* [What is being asked] Using the records below, repeat exactly the lines from the one holding "pub fn fold_at(floats: &mut" through the one holding "numbers[places::TO_ACT_IDX] = words::word_of(w.seat);", both ends included, and no others.

╭─ Exercise materials

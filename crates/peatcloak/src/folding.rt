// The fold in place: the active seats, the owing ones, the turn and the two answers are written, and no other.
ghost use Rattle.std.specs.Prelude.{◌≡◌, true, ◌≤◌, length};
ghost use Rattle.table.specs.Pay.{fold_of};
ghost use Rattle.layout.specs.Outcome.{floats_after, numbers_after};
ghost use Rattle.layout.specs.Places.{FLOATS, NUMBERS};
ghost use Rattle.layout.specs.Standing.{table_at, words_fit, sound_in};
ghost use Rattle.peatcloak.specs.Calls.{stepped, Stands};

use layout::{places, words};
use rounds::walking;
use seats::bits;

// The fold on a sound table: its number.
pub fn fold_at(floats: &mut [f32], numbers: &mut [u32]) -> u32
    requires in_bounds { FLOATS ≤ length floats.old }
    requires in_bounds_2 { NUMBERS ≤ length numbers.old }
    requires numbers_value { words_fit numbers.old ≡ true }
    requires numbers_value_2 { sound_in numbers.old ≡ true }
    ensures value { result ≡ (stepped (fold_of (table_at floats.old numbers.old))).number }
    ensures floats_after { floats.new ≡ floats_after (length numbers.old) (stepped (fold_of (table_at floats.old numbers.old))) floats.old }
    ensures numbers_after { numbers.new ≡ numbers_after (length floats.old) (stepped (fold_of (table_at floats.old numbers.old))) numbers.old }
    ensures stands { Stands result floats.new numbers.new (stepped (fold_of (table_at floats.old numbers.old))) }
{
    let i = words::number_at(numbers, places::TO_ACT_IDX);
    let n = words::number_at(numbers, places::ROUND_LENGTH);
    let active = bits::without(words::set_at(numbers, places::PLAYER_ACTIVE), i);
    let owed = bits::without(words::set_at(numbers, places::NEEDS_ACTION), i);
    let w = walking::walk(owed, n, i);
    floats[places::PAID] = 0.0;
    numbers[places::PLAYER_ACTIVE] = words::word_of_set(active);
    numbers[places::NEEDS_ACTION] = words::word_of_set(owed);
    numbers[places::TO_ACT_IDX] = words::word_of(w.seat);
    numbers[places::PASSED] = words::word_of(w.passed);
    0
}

╰─
╭─ Exercise materials

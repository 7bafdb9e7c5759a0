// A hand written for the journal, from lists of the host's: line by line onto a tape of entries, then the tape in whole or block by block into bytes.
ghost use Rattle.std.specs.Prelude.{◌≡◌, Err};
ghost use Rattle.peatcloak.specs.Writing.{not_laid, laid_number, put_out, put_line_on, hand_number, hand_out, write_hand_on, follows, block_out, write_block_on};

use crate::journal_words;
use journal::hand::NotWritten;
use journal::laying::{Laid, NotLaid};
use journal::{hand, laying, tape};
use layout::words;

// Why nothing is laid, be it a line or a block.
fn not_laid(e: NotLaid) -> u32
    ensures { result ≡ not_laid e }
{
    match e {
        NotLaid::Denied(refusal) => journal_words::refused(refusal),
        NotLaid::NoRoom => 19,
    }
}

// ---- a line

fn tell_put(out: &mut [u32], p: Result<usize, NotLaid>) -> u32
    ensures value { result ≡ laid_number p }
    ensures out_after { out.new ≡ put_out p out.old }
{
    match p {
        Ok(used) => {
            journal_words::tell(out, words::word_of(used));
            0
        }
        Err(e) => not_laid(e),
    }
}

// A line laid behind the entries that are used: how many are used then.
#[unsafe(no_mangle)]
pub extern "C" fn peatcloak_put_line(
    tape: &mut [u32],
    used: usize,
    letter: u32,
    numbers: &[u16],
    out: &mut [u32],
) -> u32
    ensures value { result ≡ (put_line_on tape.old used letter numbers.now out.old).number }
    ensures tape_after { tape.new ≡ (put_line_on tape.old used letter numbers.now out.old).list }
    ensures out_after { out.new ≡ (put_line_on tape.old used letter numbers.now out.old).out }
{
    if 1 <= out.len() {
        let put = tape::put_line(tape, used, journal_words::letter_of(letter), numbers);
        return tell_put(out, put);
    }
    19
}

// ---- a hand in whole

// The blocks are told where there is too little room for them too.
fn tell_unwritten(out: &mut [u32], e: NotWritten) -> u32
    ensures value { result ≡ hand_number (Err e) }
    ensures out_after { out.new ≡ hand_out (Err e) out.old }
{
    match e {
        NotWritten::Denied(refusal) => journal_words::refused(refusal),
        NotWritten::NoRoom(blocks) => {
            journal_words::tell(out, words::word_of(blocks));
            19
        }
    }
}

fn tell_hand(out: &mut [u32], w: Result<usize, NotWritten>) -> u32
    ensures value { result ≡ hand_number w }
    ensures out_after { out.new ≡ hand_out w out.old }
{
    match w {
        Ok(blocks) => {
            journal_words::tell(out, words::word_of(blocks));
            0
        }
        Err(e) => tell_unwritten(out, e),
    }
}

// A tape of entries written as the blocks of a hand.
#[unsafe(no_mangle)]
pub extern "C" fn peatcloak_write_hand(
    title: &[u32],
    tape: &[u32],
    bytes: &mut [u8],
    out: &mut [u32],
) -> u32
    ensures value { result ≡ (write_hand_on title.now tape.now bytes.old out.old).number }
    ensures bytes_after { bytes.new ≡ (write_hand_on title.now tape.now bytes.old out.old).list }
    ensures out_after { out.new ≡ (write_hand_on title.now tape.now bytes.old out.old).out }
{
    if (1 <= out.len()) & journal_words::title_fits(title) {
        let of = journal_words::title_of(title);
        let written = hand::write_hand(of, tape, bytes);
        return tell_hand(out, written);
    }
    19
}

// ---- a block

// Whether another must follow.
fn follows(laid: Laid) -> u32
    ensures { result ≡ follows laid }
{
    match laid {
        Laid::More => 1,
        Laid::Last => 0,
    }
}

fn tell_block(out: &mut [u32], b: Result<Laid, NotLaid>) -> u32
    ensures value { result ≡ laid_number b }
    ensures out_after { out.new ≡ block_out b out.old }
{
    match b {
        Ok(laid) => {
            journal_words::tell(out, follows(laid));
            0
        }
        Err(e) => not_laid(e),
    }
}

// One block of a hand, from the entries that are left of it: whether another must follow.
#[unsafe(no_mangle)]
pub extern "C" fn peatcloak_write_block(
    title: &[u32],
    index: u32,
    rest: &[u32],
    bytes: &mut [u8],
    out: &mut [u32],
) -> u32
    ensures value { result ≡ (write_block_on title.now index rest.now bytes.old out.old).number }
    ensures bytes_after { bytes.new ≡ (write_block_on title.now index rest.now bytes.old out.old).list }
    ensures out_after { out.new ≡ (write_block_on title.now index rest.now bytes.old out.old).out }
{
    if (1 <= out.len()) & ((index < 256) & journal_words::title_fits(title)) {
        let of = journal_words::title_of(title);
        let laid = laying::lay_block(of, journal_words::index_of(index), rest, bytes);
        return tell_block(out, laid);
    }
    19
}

╰─
╭─ Exercise materials

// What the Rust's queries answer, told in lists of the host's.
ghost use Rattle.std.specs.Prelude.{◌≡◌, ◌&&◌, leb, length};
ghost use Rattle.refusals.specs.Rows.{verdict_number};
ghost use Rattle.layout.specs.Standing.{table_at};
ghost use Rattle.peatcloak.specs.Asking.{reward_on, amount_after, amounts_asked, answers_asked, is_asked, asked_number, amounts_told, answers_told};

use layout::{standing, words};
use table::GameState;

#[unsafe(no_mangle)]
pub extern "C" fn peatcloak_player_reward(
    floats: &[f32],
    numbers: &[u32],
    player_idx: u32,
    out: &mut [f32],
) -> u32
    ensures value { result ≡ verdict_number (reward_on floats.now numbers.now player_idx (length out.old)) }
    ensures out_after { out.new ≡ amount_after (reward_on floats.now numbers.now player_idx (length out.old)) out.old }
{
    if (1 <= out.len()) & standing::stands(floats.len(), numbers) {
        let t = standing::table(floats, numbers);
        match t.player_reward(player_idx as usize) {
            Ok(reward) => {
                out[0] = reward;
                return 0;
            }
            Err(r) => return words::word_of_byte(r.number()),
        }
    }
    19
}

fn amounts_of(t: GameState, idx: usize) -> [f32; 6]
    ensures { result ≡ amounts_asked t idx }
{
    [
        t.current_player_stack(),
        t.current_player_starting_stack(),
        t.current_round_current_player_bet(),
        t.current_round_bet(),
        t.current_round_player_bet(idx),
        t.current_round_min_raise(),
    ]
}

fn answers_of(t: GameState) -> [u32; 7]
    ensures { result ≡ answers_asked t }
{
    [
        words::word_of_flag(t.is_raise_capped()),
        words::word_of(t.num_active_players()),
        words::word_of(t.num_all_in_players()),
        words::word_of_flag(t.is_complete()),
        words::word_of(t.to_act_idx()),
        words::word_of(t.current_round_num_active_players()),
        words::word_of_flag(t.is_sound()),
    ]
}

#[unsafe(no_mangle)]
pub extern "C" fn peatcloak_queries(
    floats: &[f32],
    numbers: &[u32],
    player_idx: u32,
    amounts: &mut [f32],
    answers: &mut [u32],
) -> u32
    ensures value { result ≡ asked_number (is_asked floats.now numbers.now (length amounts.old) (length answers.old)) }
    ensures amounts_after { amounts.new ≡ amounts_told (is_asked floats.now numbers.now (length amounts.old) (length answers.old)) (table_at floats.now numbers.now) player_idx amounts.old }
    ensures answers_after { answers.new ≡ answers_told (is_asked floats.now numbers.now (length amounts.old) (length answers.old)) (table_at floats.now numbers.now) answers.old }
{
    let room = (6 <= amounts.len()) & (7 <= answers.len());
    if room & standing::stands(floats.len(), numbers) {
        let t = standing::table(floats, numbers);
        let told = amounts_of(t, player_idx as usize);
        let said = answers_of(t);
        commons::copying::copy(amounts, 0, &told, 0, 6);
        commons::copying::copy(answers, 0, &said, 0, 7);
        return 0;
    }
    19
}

╰─

* [Task solution]
pub fn fold_at(floats: &mut [f32], numbers: &mut [u32]) -> u32
    requires in_bounds { FLOATS ≤ length floats.old }
    requires in_bounds_2 { NUMBERS ≤ length numbers.old }
    requires numbers_value { words_fit numbers.old ≡ true }
    requires numbers_value_2 { sound_in numbers.old ≡ true }
    ensures value { result ≡ (stepped (fold_of (table_at floats.old numbers.old))).number }
    ensures floats_after { floats.new ≡ floats_after (length numbers.old) (stepped (fold_of (table_at floats.old numbers.old))) floats.old }
    ensures numbers_after { numbers.new ≡ numbers_after (length floats.old) (stepped (fold_of (table_at floats.old numbers.old))) numbers.old }
    ensures stands { Stands result floats.new numbers.new (stepped (fold_of (table_at floats.old numbers.old))) }
{
    let i = words::number_at(numbers, places::TO_ACT_IDX);
    let n = words::number_at(numbers, places::ROUND_LENGTH);
    let active = bits::without(words::set_at(numbers, places::PLAYER_ACTIVE), i);
    let owed = bits::without(words::set_at(numbers, places::NEEDS_ACTION), i);
    let w = walking::walk(owed, n, i);
    floats[places::PAID] = 0.0;
    numbers[places::PLAYER_ACTIVE] = words::word_of_set(active);
    numbers[places::NEEDS_ACTION] = words::word_of_set(owed);
    numbers[places::TO_ACT_IDX] = words::word_of(w.seat);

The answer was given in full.